Segment Start: Data provided
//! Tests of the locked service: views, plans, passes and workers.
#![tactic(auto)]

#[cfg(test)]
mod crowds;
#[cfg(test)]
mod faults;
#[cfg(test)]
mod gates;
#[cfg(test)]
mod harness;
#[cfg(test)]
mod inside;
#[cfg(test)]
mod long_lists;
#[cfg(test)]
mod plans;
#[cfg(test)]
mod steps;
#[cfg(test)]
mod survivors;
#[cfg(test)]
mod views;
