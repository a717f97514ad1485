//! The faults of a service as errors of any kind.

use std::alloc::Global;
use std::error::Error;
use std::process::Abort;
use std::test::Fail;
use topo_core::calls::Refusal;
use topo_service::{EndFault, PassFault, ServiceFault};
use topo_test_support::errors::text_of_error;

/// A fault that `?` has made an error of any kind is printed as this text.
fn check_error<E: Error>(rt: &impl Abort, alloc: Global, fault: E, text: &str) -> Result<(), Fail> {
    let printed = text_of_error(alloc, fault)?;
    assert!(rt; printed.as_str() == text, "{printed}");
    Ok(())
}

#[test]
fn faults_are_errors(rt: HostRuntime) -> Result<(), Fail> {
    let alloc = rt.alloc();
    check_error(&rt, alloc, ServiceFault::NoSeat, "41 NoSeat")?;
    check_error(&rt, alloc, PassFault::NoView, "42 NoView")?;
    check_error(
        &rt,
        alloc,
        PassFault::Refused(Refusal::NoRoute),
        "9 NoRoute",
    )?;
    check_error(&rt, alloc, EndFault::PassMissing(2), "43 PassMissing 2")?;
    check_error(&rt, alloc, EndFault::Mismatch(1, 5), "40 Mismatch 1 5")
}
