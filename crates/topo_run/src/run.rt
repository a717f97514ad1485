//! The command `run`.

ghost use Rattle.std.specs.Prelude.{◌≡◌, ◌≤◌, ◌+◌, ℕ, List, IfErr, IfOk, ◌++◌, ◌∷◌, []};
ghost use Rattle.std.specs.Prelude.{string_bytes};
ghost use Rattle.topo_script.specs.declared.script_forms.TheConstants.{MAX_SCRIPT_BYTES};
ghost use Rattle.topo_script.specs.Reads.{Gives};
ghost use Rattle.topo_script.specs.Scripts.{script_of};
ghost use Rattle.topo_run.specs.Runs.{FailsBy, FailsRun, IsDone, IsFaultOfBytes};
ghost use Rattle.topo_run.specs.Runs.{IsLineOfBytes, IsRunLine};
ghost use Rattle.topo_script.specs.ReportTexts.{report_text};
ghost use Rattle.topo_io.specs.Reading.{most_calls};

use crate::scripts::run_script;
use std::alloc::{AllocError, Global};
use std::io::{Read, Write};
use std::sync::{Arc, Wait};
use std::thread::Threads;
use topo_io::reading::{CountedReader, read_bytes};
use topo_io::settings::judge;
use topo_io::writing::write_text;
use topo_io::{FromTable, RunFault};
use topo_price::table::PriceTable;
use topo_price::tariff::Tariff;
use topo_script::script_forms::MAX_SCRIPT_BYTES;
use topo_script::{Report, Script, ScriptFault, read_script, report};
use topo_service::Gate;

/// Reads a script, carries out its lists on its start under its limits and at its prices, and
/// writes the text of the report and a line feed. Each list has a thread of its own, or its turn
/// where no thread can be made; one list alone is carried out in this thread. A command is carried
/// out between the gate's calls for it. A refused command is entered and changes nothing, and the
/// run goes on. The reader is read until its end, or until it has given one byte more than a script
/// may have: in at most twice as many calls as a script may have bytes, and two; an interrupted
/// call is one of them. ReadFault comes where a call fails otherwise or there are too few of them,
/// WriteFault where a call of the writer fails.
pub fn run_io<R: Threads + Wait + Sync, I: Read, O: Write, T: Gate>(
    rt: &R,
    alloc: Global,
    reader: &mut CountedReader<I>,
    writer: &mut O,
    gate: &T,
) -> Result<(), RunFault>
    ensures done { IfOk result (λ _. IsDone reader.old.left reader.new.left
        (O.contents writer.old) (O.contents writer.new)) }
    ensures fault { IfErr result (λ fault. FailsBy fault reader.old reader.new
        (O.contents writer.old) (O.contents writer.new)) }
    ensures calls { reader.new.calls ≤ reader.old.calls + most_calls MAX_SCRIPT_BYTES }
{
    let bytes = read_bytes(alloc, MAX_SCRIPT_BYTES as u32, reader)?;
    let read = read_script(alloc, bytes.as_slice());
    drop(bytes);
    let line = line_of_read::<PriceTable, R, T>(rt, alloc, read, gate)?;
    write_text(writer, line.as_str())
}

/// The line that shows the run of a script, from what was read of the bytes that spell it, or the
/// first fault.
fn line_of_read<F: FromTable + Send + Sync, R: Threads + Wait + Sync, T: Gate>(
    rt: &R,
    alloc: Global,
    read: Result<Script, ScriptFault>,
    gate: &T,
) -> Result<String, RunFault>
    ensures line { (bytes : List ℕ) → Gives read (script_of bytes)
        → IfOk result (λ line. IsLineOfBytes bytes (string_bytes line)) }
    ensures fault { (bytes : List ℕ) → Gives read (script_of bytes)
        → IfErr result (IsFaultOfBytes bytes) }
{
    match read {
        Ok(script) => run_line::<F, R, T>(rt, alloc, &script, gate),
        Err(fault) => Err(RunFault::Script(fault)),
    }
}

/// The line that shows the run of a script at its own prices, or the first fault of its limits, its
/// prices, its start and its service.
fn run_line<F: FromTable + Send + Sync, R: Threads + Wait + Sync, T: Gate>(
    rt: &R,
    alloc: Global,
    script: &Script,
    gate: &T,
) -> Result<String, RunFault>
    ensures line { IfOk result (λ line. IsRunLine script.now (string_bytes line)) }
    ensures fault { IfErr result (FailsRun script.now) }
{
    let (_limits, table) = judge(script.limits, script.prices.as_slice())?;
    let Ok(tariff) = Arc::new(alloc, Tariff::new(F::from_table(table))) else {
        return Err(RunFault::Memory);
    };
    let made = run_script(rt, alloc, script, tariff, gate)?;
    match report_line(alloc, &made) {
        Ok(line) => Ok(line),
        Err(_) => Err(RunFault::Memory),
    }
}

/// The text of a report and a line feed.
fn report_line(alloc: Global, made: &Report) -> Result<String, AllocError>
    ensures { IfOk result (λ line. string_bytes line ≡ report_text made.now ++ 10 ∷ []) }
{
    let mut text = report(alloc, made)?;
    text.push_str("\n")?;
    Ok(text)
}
Segment End: Data provided
Segment Start: Data provided
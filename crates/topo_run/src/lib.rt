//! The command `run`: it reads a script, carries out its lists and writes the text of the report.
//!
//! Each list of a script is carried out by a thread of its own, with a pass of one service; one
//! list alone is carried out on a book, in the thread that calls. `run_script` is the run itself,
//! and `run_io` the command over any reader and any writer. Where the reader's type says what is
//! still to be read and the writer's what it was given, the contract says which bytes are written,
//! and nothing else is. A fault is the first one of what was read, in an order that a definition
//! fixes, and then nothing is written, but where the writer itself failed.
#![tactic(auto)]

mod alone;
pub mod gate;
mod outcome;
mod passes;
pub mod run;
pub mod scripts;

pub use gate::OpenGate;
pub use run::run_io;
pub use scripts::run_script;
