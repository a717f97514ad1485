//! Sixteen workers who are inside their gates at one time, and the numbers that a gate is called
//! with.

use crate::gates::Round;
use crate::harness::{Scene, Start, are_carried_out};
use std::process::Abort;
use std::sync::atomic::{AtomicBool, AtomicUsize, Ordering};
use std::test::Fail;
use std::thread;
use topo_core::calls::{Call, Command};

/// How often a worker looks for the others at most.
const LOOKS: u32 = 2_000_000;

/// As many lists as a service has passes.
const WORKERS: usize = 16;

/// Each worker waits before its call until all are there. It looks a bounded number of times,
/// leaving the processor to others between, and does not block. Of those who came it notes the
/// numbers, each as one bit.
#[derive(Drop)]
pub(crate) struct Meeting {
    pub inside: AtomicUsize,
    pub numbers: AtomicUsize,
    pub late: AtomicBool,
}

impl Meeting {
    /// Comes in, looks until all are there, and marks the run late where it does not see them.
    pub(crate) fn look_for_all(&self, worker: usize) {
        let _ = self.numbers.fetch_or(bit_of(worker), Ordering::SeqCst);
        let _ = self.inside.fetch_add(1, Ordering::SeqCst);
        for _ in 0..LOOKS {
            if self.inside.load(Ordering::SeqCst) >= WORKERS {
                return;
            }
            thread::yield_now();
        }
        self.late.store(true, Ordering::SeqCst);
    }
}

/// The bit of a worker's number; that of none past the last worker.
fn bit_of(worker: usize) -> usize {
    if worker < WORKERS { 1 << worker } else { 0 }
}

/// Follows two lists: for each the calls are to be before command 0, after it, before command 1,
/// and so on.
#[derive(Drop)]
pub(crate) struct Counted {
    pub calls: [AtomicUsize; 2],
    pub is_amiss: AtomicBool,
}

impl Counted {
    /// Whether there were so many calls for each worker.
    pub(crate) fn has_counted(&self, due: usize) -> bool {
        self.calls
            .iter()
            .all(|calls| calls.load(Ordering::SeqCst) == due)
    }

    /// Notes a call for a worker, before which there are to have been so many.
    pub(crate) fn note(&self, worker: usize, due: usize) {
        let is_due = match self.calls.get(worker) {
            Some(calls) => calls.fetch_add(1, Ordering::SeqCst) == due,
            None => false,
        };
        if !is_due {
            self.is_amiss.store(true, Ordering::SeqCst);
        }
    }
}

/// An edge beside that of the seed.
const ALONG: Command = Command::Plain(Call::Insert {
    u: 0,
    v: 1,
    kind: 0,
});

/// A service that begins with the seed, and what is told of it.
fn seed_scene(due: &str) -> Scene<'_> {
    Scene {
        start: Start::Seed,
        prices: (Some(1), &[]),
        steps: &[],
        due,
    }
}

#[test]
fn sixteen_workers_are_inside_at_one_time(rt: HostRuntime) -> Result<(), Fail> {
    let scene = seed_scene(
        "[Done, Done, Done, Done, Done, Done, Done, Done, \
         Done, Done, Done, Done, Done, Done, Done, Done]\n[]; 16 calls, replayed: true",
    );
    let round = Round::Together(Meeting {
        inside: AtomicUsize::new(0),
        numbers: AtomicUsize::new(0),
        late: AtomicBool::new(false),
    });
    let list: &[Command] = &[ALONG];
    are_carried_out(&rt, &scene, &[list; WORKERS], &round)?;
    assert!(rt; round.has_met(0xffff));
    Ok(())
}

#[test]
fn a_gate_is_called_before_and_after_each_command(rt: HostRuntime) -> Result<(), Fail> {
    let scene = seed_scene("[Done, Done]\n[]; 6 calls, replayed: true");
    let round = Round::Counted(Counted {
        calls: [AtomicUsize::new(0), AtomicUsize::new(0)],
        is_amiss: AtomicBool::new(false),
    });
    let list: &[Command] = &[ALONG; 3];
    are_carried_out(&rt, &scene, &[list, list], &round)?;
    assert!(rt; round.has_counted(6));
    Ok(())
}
Segment End: Data provided
Segment Start: Data provided
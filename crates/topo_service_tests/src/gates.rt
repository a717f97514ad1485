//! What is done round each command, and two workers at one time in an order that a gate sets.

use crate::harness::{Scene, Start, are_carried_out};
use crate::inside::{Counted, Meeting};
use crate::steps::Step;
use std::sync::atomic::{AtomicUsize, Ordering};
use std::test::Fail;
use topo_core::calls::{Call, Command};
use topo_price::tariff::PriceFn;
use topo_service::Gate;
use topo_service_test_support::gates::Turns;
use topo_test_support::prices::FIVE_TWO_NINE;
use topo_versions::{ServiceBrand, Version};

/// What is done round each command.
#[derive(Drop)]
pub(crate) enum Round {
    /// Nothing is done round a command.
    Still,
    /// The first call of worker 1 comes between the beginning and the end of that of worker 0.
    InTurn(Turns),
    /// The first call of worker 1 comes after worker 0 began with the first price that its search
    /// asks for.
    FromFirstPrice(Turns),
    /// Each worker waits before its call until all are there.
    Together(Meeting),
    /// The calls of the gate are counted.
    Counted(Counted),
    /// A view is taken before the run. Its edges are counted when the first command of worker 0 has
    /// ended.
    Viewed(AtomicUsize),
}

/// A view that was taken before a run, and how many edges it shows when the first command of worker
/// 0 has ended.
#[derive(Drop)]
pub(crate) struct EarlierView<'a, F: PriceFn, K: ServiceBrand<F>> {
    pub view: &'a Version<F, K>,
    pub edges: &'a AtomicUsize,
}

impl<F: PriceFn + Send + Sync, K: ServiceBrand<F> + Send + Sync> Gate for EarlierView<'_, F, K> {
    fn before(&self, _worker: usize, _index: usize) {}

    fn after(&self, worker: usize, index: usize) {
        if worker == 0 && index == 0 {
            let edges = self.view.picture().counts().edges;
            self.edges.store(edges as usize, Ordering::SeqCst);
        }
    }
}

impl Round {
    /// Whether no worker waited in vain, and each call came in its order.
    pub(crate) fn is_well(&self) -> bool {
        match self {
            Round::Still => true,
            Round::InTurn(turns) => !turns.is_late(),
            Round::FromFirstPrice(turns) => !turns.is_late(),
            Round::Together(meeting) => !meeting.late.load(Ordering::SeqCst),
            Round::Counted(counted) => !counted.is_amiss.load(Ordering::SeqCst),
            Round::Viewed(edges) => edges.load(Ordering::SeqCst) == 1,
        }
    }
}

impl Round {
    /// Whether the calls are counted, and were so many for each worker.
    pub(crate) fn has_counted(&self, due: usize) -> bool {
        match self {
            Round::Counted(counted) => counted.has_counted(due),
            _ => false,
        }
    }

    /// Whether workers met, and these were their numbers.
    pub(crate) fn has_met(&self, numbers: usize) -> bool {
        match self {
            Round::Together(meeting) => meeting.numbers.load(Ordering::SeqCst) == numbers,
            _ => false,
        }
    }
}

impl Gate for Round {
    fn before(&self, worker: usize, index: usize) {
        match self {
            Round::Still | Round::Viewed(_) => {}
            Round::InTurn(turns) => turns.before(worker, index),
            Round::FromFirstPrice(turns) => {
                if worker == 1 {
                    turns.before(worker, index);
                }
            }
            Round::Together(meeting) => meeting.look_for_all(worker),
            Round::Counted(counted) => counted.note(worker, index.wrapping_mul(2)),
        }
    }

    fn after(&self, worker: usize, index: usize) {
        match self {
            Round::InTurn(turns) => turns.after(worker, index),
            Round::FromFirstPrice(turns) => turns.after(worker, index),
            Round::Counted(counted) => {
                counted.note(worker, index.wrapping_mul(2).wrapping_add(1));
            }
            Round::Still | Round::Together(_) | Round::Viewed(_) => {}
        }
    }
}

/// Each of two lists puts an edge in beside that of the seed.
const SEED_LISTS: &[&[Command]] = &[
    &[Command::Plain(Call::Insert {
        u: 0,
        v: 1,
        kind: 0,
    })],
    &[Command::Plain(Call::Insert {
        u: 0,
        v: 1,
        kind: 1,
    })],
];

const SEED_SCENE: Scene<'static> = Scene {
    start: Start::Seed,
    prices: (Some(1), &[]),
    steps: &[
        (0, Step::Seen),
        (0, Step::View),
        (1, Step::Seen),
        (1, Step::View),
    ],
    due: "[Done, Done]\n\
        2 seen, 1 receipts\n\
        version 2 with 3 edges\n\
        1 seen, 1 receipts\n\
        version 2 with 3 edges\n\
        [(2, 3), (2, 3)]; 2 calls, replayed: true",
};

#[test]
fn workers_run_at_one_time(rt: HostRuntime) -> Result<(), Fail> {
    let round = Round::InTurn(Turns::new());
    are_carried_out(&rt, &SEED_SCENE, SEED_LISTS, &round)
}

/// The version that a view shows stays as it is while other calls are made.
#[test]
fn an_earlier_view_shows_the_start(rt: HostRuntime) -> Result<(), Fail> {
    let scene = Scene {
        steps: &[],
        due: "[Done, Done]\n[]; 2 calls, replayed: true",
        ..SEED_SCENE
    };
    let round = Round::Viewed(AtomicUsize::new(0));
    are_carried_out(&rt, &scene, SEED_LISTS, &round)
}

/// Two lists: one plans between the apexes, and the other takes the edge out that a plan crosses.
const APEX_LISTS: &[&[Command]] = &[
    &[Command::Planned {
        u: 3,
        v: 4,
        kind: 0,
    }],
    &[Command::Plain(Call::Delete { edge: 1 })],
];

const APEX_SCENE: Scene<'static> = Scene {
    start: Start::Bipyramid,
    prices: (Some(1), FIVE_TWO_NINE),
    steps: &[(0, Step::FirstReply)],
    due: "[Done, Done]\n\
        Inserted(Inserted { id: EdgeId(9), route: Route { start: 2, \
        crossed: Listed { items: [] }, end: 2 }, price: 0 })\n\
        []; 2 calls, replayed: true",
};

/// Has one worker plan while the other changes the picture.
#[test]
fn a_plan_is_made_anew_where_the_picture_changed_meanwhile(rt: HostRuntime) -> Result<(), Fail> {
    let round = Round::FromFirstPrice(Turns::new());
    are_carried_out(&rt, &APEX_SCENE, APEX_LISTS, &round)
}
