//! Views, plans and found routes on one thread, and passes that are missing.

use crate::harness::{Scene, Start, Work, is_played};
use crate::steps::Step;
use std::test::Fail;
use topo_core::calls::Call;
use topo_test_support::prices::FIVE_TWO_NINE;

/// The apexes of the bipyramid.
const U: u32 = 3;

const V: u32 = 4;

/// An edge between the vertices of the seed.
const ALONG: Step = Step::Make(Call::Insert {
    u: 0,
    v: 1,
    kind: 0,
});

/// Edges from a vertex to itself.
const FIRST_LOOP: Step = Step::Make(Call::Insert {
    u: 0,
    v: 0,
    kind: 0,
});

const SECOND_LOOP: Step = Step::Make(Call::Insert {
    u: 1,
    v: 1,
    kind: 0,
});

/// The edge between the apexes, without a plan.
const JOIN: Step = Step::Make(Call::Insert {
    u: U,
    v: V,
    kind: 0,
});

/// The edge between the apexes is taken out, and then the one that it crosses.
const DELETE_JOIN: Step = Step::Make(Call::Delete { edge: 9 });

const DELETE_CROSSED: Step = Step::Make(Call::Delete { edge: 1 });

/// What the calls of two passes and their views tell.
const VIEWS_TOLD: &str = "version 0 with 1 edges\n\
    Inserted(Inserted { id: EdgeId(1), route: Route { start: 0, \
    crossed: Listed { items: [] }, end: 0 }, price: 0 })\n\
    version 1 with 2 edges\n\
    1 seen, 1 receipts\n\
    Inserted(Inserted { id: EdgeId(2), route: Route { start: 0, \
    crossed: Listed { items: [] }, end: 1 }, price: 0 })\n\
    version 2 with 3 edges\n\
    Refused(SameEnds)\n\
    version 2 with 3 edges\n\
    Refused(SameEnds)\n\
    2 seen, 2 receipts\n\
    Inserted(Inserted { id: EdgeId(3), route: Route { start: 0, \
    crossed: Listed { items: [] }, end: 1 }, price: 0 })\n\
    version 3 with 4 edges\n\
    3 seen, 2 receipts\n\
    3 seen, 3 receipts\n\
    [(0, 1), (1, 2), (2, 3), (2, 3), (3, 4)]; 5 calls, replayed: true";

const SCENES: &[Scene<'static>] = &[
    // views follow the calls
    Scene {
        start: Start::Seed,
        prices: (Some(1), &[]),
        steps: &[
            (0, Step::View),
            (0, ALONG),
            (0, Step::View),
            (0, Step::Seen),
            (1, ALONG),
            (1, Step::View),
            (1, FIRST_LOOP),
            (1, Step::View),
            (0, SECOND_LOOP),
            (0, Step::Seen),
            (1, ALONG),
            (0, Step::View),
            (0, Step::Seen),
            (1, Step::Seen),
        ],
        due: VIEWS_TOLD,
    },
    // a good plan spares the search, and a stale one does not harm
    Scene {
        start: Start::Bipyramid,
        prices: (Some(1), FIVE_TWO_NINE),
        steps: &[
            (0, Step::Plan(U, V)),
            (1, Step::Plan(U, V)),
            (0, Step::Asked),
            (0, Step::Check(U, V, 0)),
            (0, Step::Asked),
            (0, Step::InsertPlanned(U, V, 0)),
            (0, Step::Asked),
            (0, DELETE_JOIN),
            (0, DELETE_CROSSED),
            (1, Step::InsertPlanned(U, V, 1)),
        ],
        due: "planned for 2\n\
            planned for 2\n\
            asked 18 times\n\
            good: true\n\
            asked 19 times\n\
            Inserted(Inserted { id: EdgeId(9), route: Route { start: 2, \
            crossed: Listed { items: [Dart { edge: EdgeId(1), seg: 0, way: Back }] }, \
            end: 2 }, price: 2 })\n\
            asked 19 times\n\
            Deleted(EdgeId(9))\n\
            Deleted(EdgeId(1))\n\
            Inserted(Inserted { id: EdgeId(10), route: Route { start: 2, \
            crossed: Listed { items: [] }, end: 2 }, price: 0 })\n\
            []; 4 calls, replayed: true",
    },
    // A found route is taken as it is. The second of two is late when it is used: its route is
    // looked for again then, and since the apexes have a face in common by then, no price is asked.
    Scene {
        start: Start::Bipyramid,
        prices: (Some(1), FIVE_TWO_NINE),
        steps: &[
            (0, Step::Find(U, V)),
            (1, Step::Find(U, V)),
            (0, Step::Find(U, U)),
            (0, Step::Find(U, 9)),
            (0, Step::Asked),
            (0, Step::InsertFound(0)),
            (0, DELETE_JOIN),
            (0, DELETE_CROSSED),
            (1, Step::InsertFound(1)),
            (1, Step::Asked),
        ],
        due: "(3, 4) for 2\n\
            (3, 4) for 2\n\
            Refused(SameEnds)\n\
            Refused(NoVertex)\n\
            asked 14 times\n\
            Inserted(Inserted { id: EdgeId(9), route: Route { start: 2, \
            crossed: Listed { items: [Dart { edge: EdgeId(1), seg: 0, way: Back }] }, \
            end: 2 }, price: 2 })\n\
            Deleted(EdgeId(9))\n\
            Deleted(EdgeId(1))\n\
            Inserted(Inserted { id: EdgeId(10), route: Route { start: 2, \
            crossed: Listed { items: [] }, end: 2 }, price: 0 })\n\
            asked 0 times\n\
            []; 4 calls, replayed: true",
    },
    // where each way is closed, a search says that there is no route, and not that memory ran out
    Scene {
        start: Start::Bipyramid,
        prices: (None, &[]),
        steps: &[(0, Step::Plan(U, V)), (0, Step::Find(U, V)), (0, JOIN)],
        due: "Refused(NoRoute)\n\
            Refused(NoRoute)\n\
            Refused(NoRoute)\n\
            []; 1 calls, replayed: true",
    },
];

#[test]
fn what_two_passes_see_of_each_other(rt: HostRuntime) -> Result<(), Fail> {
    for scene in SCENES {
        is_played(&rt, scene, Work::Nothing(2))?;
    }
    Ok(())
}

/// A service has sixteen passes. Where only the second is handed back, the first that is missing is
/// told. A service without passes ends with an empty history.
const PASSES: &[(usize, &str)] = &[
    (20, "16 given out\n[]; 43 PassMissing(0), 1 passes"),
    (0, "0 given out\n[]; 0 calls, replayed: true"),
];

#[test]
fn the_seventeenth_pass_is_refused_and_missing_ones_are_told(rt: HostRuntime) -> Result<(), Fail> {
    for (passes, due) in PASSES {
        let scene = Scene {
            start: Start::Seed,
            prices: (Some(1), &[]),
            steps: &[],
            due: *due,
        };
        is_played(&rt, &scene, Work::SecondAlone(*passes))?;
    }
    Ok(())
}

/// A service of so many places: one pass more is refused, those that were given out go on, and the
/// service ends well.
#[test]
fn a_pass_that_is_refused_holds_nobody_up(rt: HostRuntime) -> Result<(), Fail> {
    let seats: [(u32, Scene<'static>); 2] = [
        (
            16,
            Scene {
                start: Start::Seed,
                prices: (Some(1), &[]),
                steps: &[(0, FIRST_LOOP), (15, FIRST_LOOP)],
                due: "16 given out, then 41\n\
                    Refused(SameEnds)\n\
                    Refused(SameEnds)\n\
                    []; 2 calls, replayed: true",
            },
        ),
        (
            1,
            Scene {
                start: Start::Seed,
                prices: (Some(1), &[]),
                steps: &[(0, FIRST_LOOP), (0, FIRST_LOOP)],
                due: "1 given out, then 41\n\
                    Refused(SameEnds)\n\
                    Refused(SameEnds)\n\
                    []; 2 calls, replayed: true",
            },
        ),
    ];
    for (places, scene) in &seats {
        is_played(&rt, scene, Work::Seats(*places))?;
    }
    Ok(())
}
Segment End: Data provided
### About this task
What lines in the records contain the word "harness"? Return each one.

### Expected answer
mod harness;
use crate::harness::{Scene, Start, are_carried_out};
use crate::harness::{Scene, Start, are_carried_out};
use crate::harness::{Scene, Start, Work, is_played};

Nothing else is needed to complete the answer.